Let $\sum_{k = 1}^{\infty} a_{k}$ be a convergent series, and let $\lambda \in \mathbb{R}$, $\lambda \neq 0$. Then the series $\sum_{k = 1}^{\infty} \lambda a_{k}$ also converges, and its sum is:

\[\sum_{k = 1}^{\infty} \lambda a_{k} = \lambda \sum_{k = 0}^{\infty} a_{k}\]

If both series $\sum_{k = 1}^{\infty} a_{k}$ and $\sum_{k = 1}^{\infty} b_{k}$ converge, then their term-by-term sum also defines a convergent series:

\[\sum_{k = 1}^{\infty} ( a_{k} + b_{k} )\]

Moreover, the sum of the resulting series is equal to the sum of the individual series:

\[\sum_{k = 1}^{\infty} ( a_{k} + b_{k} ) = \sum_{k = 1}^{\infty} a_{k} + \sum_{k = 1}^{\infty} b_{k}\]

Well-known series

Consider the following series:

\[\sum_{n = 1}^{\infty} \frac{1}{n} = 1 + \frac{1}{2} + \frac{1}{3} + \hdots + \frac{1}{n} + \hdots\]

The series is called the harmonic series, and it is divergent.

The following series is called the generalized harmonic series:

\[\sum_{n = 1}^{\infty} \frac{1}{n^{p}} = 1 + \frac{1}{2^{p}} + \frac{1}{3^{p}} + \hdots + \frac{1}{n^{p}} + \hdots , p \in \mathbb{R}\]

The convergence of the series depends on the value of $p$:

If $p > 1$ the series converges.
If $p \leq 1$ the series diverges.

Consider the geometric series of ratio $q$:

\[\sum_{n = 0}^{\infty} q^{n} = 1 + q + q^{2} + q^{3} + \hdots + q^{n} + \hdots\]

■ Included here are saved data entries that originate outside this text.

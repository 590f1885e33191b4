//! JSON trees (RFC 8259): trees of values, and values of trees.
#![tactic(auto)]

mod fields;
mod line;
mod make;
mod object;
mod read;
mod refusal;
mod texts;

pub use crate::fields::{fields_of, list_at, member, optional_at, required_at};
pub use crate::line::tree_line;
pub use crate::make::ToTree;
pub use crate::object::{put_at, put_if};
pub use crate::read::FromTree;
pub use crate::refusal::{parse_error, unexpected_error, with_index, with_key};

The convergence of the series depends on the value of $q$:

If $- 1 < q < 1$, the series converges.
If $q \geq 1$, the series diverges.
If $q \leq - 1$, the series is irregular (diverges or oscillates).

Consider the following series, known as a telescoping series:

\[\sum_{n = 1}^{\infty} \frac{1}{n ( n + 1 )} = \frac{1}{2} + \frac{1}{6} + \hdots + \frac{1}{n ( n + 1 )} + \hdots = 1\]

This series is convergent.

Glossary

Series: the limit of the sum of the terms of a sequence.
Sequence: an ordered list of numbers.
Partial sums $s_{n}$: the sum of the first $n$ terms of a sequence.
Convergence: a series converges if the limit of its sequence of partial sums is a finite number.
Converge absolutely: a series $\sum a_{k}$ converges absolutely if the series of absolute values $\sum a_{k} $ converges.
Divergence: a series diverges if the limit of its sequence of partial sums is $+ \infty$ or $- \infty$.
Indeterminate: a series is indeterminate if the limit of its sequence of partial sums does not exist or oscillates.
Sum of the series: the finite limit of the sequence of partial sums for a convergent series.
General term $a_{n}$ or $a_{k}$: the formula or expression that defines each term of a sequence or series.